Roger Dann, Anne Baxter, I Confess |
SYMBOLIST
I Confess is a Symbolist work because it has something important to say that is beyond words; it shows us something about our condition that is otherwise ineffable - except perhaps in the formulations of a thinker like Kant or Schopenhauer. (Note: Hitchcock told biographer Charlotte Chandler that he had been 'very much influenced by the Symbolists'.) Indeed, Schopenhauer's philosophy was adopted by many Symbolist painters and writers not just for its 'pessimism' but because Schopenhauer saw art as like a refuge, albeit transient, from the world's malign 'Will' - which is essentially ungraspable. Similarly, I Confess is artfully constructed to lead our thinking - more accurately, Inspector Larrue's - in one direction that turns out to have been inadequate and mistaken.
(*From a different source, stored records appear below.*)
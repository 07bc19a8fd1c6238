// What holds of every plain run.
ghost use Rattle.std.specs.Prelude.{◌≤◌, ◌^◌, [], ℕ, List, length};
ghost use Rattle.type_tree.specs.declared.tree.TExpr.{TExpr};
ghost use Rattle.il_model.specs.declared.program.Program.{Program};
ghost use Rattle.interaction.specs.Process.{Naming};
ghost use Rattle.interaction.specs.Run.{run};
ghost use Rattle.cil_meaning.specs.Naming.{IsNaming, Mention};
ghost use Rattle.cil_meaning.specs.Language.{Legal};
ghost use Rattle.unshared.specs.Listed.{IsOnce, naming_of};
ghost use Rattle.unshared.specs.Turns.{machine};
ghost use Rattle.il_model.specs.Accepted.{IsOfText};
ghost use Rattle.store_object.specs.declared.ending.Chooser.{Chooser};
ghost use Rattle.store_object.specs.declared.ending.Ending.{Ending};
ghost use Rattle.cil_meaning.specs.Shown.{History};
ghost use Rattle.cil_verify.specs.Verifies.{IsVerified};
ghost use Rattle.cil_verify.specs.declared.verified.Verified.{Verified};
ghost use Rattle.unshared.specs.Runs.{HasNumbersFor, IsMeant, IsSure, IsSureEnding};
ghost use Rattle.cil_safety.specs.NeverStuck.{NeverStuck};

/// Under any naming and any numbers, a plain run of a program has a legal history. It does nothing; its clause is what
/// is proved.
pub fn plain_runs_are_legal()
    ensures { (p : Program) (n : Naming Mention TExpr) (numbers : List ℕ) → Legal p n (run (machine p n) numbers []).world.history }
{}

/// A list of at most 2^32 types, each once, is a naming. It does nothing; its clause is what is proved.
pub fn lists_name_types()
    ensures { (trees : List TExpr) → IsOnce trees → length trees ≤ 2 ^ 32 → IsNaming (naming_of trees) }
{}

/// A plain run of a program that is never stuck ends as nobody lives or as all turns are made, where the naming has each
/// number that the run asks for. It does nothing; its clause is what is proved.
pub fn plain_runs_end_surely()
    ensures { (p : Program) (n : Naming Mention TExpr) (numbers : List ℕ) → NeverStuck p → IsNaming n →
        HasNumbersFor n p (run (machine p n) numbers []).ending → IsSure (run (machine p n) numbers []).ending }
{}

/// The plain run of a program of an accepted text that passed the verifier ends as its meaning says, at a limit, or as all
/// turns are made; never for want of a rule. It does nothing; its clause is what is proved.
pub fn verified_runs_end_surely()
    ensures { (v : Verified) (chooser : Chooser) (turns : ℕ) (trees : List TExpr) (schedule order : List ℕ) (history : History) (ending : Ending) →
        IsOfText v.program → IsVerified v → IsMeant v.program chooser turns trees schedule order history ending → IsSureEnding ending }
{}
The logic of Larrue's thinking leads him increasingly to suspect that Father Logan is Villette's killer; we watch the case mount against the priest and we want to tell Larrue that he is wrong, for we have heard the sexton at Michael's church, one Otto Keller (O.E. Hasse), confess to the killing - yet there is nothing that we can do. (This is a familiar situation for Hitchcock's audiences to find themselves in!)
O. E. Hasse, I Confess |
Moreover, the two adversaries - Father Logan, Inspector Larrue - are well-matched: you could say that Larrue has a strength second only to Logan's with his Faith. If the success of a fiction film often depends on the story having a strong central situation, or conflict, then I Confess is well-positioned to succeed with its audiences. Hitchcock was reportedly disappointed when that didn't generally happen on the film's initial release - the prejudices of audiences are not always predictable, and in this case non-Catholics couldn't always, or fully, get their minds around the concept of the inviolability of the confessional. Nowadays, I Confess, seen on its own terms, is plainly something of a masterpiece.
CONFESSIONS
I Confess speaks to everyone.Eric Bentley once noted astutely: 'Though it lead to the gallows, we will not deny ourselves the pleasure of saying, before the curtain is down, "Very well, inspector, yes I amthe demon barber of Fleet Street."'1 Note the use of a theatrical metaphor. Bentley uses it to draw attention to 'the connection between theatricality and the universal "compulsion to confess"'. Tellingly, the final scene of I Confess takes place in an auditorium at the foot of a stage. In Rope (1948) the flamboyant Brandon, after being exposed, is told by his co-murderer, the submissive Phillip, 'It's what you wanted - somebody else to know.' (We may gather that it was precisely Brandon's flamboyance that drew Phillip to him.)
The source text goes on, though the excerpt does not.